Бонапарту эти славословия не пришлись по вкусу, и он решил поставить аристократов на место. С притворным вниманием оглядев зал, император спросил у сидящих неподалеку вельмож:
— А почему я не вижу среди присутствующих представителя еврейской общины Польши?
Панове покраснели. И хоть евреям в Польском королевстве жилось лучше, чем под властью русских помещиков, но за людей их шляхтичи не считали, а просто использовали, как удобное средство для обогащения. Евреи управляли маетками, вели торговлю, давали ссуды, собирали для панов налоги. Выгода выгодой, однако пригласить еврея на столь высокое собрание, посадить рядом, дать выступить как равному среди равных? Невозможно, немыслимо!

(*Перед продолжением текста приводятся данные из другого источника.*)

//! Bytes kept in regions of pages: a piece that is placed keeps its bytes until a mark before it is gone back to.
//!
//! The crates above use the clauses of [`Region`]: a span stands for the bytes that were placed
//! (`Stands` in `specs/Pages.antt`), writing on keeps every span, and going back to a mark gives the pages that were
//! there when it was taken. `law_of_writing` has the facts about these definitions.
#![tactic(auto)]

mod laws;
mod mark;
mod page;
mod pool;
mod region;
mod sealed;
mod shared;
mod span;

pub use laws::law_of_writing;
pub use mark::Mark;
pub use pool::PagePool;
pub use region::Region;
pub use sealed::Sealed;
pub use shared::SharedPages;
pub use span::Span;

Но в этом-то и состоял план Наполеона. Император хотел показать вельможам их настоящее место, продемонстрировать, что для него, покорителя Европы, нет разницы между сиятельным графом и его слугой. Все, невзирая на титулы и происхождение, в первую очередь — его слуги!
Пыжились вельможные паны, пыжились, а делать нечего — воля императора. Пришлось послать за главным раввином Польши, реб Биньомином Дискином. И понеслась по мостовым Варшавы золоченая карета с приказом немедленно доставить еврея во дворец.
Часы после вечерней молитвы, раввин, как обычно проводил в одиночестве над томом Талмуда. Он не знал ни о пире, ни о речах сиятельных аристократов. Ему даже и в голову не могло прийти, что этим вечером ему придется выступать перед самим императором. Однако судьба иногда выкидывает такие коленца, о которых самый благочестивый раввин и помыслить не может.
В дверь постучали громко и требовательно. Служка отодвинул запор и в комнату раввина ворвался офицер. Золотое шитье эполет и мундира сияло даже в свете одинокой свечи.
— Приказ императора, немедленно явиться во дворец, — объявил офицер.
Деваться некуда, облачился раввин в субботние одежды и поехал. По дороге он пытался сообразить, для чего его везут во дворец и что он должен сказать императору.
Поначалу раввина ошеломило сверкание хрусталя в громадных люстрах, блеск золота на мундирах и камзолах, переливающиеся бриллианты в орденах и перстнях. На полураздетых женщин, осыпанных драгоценностями, словно елки снегом, он старался не смотреть.
На его счастье, архиепископ затянул свою речь, пересыпанную восхвалениями, точно торт цукатами, и у раввина осталось время подумать. Когда его призвали взойти пред светлые императорские очи, он уже понял, о чем будет говорить.
Императора тошнило от витиеватых славословий и откровенной лести, и он, все больше и больше раздражаясь, сосал лимон. Злость на трескучих болтунов разгоралась в Наполеоне и, когда раввин стал подниматься на возвышение, он тоже знал, как себя поведет.
Раввин в своем традиционном облачении, выглядевшем диким и неуместным среди сияния нарядов польской аристократии, оказался на том месте, откуда произносили речи, и в эту минуту Наполеон поднялся с трона, приветствуя духовное лицо.
Тотчас, как по команде, подскочили со своих мест французские генералы и маршалы. Понятное дело, когда император поднимается с трона, его офицеры не могут оставаться в креслах. Вслед за офицерами пришлось встать и вельможным панам со своими расфуфыренными дамами.
Лица у вельмож покраснели, глаза сверкали от ярости, да что поделаешь, деваться некуда! Наполеон простоял целую минуту, лукаво озирая зал. Он хорошо понимал, что творится в душах польских аристократов, но именно на этот эффект он и рассчитывал. А раввин, дождавшись, пока император усядется на трон, начал говорить.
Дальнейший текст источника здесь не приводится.